— What to produce —
Search the entries below for "items" and copy each matching line.
Segment Open
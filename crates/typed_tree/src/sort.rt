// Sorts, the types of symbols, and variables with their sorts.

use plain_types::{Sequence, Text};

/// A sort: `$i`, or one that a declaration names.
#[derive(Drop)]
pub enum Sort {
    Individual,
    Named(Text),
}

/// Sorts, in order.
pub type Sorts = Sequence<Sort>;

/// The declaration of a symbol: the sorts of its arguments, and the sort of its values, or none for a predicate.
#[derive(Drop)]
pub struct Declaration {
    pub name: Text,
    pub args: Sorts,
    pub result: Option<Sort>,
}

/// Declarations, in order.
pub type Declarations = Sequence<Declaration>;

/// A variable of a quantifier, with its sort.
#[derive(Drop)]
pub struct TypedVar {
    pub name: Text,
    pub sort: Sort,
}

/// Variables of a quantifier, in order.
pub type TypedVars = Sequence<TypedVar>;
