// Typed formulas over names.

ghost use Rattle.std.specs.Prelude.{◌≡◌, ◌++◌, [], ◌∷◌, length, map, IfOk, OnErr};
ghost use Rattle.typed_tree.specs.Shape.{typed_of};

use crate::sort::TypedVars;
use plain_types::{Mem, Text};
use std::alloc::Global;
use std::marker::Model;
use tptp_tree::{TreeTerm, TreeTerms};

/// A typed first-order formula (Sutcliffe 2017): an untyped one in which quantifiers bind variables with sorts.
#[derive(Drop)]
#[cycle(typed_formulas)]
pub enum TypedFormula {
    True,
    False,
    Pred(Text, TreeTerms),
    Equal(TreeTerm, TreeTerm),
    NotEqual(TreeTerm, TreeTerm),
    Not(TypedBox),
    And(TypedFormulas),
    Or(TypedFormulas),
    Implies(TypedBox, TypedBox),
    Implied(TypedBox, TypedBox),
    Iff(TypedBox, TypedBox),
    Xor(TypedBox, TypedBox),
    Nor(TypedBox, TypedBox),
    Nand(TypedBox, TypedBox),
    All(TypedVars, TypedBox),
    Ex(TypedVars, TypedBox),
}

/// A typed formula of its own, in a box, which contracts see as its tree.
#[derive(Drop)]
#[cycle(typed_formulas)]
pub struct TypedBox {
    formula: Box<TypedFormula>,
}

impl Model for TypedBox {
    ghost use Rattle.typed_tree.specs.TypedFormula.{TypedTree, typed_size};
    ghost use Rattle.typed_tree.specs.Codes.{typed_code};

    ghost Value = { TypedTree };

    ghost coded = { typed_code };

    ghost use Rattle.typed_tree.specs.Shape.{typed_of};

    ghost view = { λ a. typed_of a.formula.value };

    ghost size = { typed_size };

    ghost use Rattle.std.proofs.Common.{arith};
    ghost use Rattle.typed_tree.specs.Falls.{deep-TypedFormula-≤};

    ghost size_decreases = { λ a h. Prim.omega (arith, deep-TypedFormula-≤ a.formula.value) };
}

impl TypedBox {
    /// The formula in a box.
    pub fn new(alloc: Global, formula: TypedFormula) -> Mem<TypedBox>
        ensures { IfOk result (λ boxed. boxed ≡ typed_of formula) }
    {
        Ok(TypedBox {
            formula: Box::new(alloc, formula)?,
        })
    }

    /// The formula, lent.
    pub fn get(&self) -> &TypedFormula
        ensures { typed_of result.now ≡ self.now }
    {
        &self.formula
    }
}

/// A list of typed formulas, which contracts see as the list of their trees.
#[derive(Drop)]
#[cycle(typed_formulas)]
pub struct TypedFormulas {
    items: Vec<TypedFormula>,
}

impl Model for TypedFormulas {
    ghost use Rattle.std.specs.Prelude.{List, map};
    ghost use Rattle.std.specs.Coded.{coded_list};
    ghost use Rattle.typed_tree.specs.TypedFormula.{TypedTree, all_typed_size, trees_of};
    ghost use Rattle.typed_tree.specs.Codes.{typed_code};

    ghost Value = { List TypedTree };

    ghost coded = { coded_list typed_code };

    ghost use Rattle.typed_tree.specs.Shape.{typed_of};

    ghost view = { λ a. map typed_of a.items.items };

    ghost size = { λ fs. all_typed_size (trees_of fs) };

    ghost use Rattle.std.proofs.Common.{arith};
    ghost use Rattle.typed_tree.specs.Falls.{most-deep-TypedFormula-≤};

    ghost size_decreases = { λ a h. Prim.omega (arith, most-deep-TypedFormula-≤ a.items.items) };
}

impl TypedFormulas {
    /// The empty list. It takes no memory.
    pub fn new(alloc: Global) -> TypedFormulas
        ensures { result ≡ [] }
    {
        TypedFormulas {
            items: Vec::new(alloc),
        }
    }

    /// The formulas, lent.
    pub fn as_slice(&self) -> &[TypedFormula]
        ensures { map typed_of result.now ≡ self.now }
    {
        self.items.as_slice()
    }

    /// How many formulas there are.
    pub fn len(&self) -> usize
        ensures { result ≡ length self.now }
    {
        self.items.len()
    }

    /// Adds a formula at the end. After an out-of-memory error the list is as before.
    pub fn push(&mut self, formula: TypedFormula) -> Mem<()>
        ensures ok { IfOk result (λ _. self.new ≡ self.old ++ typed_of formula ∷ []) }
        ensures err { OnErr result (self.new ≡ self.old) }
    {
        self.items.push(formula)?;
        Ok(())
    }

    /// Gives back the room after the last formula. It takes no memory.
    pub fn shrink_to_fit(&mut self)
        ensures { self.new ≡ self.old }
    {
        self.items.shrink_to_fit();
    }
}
Segment Closed
— Task output —
    items: Vec<TypedFormula>,
    ghost view = { λ a. map typed_of a.items.items };
    ghost size_decreases = { λ a h. Prim.omega (arith, most-deep-TypedFormula-≤ a.items.items) };
            items: Vec::new(alloc),
        self.items.as_slice()
        self.items.len()
        self.items.push(formula)?;
        self.items.shrink_to_fit();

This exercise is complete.